To my surprise, the strongest element to The Man from U.N.C.L.E. was something I was dreading: the direction of Guy Ritchie. Thankfully, he shows restraint and maturity in filmmaking. He can be all over the place far too often as a director. I was relieved it wasn’t as bombastic as Ritchie’s over-the-top and tiresome Sherlock Holmes “re-imagined” adaptations (which makes the old fashioned Mr. Holmes currently in theaters even more refreshing). For someone who lost my trust with those lame movies, Guy Ritchie seems to have more control of this production than his previous few movies. Both overwhelmingly sleek and somewhat campy, the tone in The Man from U.N.C.L.E. is rather cheeky and energetic in a low key manner.

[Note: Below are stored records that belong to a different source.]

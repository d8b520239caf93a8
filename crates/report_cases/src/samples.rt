//! Samples: reports by name, as lists of lines.

use std::alloc::{AllocError, Global};

/// A line of a sample.
#[derive(Drop)]
struct Line {
    sample: String,
    text: String,
}

/// The lines of all samples, and the name of the last one.
#[derive(Drop)]
pub struct Samples {
    lines: Vec<Line>,
    last: String,
}

/// What is changed in a sample.
#[derive(Drop)]
pub enum Change {
    None,
    Line { place: usize, text: Vec<u8> },
    Insert { place: usize, text: Vec<u8> },
    Delete { place: usize },
    Cut { bytes: usize },
    More { text: Vec<u8> },
}

impl Samples {
    pub fn new(alloc: Global) -> Samples {
        Samples {
            lines: Vec::new(alloc),
            last: String::new(alloc),
        }
    }

    /// Begins a sample.
    pub fn begin(&mut self, alloc: Global, name: &str) -> Result<(), AllocError> {
        self.last = String::from_str(alloc, name)?;
        Ok(())
    }

    /// One more line for the last sample.
    pub fn add_line(&mut self, alloc: Global, text: &str) -> Result<(), AllocError> {
        let line = Line {
            sample: String::from_str(alloc, self.last.as_str())?,
            text: String::from_str(alloc, text)?,
        };
        self.lines.push(line)?;
        Ok(())
    }

    /// The text of a sample with a change.
    pub fn text(&self, alloc: Global, name: &str, change: &Change) -> Result<Vec<u8>, AllocError> {
        let mut out = Vec::new(alloc);
        let mut number = 0_usize;
        for line in self.lines.as_slice() {
            if line.sample.as_str() == name {
                number = number.wrapping_add(1);
                push_changed(&mut out, number, line.text.as_bytes(), change)?;
            }
        }
        push_end(&mut out, number.wrapping_add(1), change)?;
        Ok(out)
    }
}

fn push_line(out: &mut Vec<u8>, text: &[u8]) -> Result<(), AllocError> {
    out.extend_from_slice(text)?;
    out.push(10)?;
    Ok(())
}

/// A line of the sample, by its number, as it is after the change.
fn push_changed(
    out: &mut Vec<u8>,
    number: usize,
    line: &[u8],
    change: &Change,
) -> Result<(), AllocError> {
    match change {
        Change::Line { place, text } if *place == number => push_line(out, text.as_slice()),
        Change::Insert { place, text } if *place == number => {
            push_line(out, text.as_slice())?;
            push_line(out, line)
        }
        Change::Delete { place } if *place == number => Ok(()),
        _ => push_line(out, line),
    }
}

/// What the change does at the end, whose number is that of a line more.
fn push_end(out: &mut Vec<u8>, number: usize, change: &Change) -> Result<(), AllocError> {
    match change {
        Change::Insert { place, text } if *place == number => push_line(out, text.as_slice()),
        Change::Cut { bytes } => {
            let length = out.len().saturating_sub(*bytes);
            out.truncate(length);
            Ok(())
        }
        Change::More { text } => {
            out.extend_from_slice(text.as_slice())?;
            Ok(())
        }
        _ => Ok(()),
    }
}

My favorite moment embodies what I enjoyed the most about The Man from U.N.C.L.E. Without spoiling a thing, there is a great scene involving the slow boil of tension with a significant comedic payoff involving a truck and a boat. The use of music and overall scene development of were pitch perfect and provided a satisfying resolution for the absurd situation. That’s all I want to say about that without ruining a hilarious moment. A close second was a very thrilling mountain side chase through the woods which kept me on the edge of my seat. Likewise the acting Henry Cavill was charming and rather commanding in this movie. He needs more roles like this, please. Armie Hammer wasn’t as good as Cavill nor delivered as strong of a screen presence. I wondered what he was doing here. I had a hard time finding his Russian accent to be believable, but I’m not an Eastern European linguist.

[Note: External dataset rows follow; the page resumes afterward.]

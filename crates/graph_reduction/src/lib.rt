//! Reduces a flow graph to the edges that close its loops.
//!
//! Two rules are used as long as one of them fits, the first before the second, each at its least head. At first each
//! block is a node, whose head it is. (1) Where an edge leads from a node to its own head, each edge from the node's
//! blocks to the head closes a loop. (2) A node into which open edges lead from one other node alone is put into that
//! node. This is the interval reduction of flow graphs (M. S. Hecht and J. D. Ullman, 'Characterizations of reducible
//! flow graphs', 1974, where they are the two transformations).
//!
//! [`Nodes::start`] makes the nodes of a graph, [`Nodes::reduce`] uses the rules until neither fits, and
//! [`Nodes::closings`] lists the closing edges. What they mean stands in `specs/Reduction.antt`; the laws say that the
//! reduction ends in one state, and that its loops are nested and entered by their headers alone where no cycle is left
//! open.
#![tactic(auto)]

mod closers;
mod edges;
mod fitting;
mod nodes;

ghost use Rattle.std.specs.Prelude.{◌≡◌};
ghost use Rattle.graph_search.specs.Flows.{Flow, edge, leads};
ghost use Rattle.graph_reduction.specs.Loops.{AreNested, IsIrreducible};
ghost use Rattle.graph_reduction.specs.Reduction.{State, IsReduced};

pub use edges::first_node;
pub use nodes::{Nodes, first_source, number_at};

/// Where no cycle is left without a closing edge, loops are entered by their headers alone, lie one in another or
/// apart, and an edge closes exactly where each walk from the entry to its source passes its target.
pub fn loops_are_nested()
    ensures { (flow : Flow) (s : State) → IsReduced flow s → (IsIrreducible flow s.closed → ⊥)
        → AreNested (leads (edge flow)) s.closed flow.entry }
{}

/// The reduction of each graph ends, in one state.
pub fn reduction_ends()
    ensures ends { (flow : Flow) → (s : State) × IsReduced flow s }
    ensures one { (flow : Flow) (s t : State) → IsReduced flow s → IsReduced flow t → s ≡ t }
{}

I initially wanted to compare The Man from U.N.C.L.E. to Kingsman: The Secret Service before watching the former. I even remember seeing the preview before Kingsman: The Secret Service which explains my frame of reference. It is not fair, valid, or necessary to compare these two movies beyond the fact that both are spy movies with a British backdrop. That’s it. I hope others won’t go into The Man from U.N.C.L.E. expecting Kingsman: The Secret Service but American audiences are conditioned like me to make that connection. When the summer movie season seems to throw many remakes, sequels, and adaptations, this felt like counter programming for sophisticated adults who grew up with the show. There is also a lot of subtitles in a splashy summer movie which is getting a very wide release. I hope this risk pays off because The Man from U.N.C.L.E. deserves to be a sleeper hit.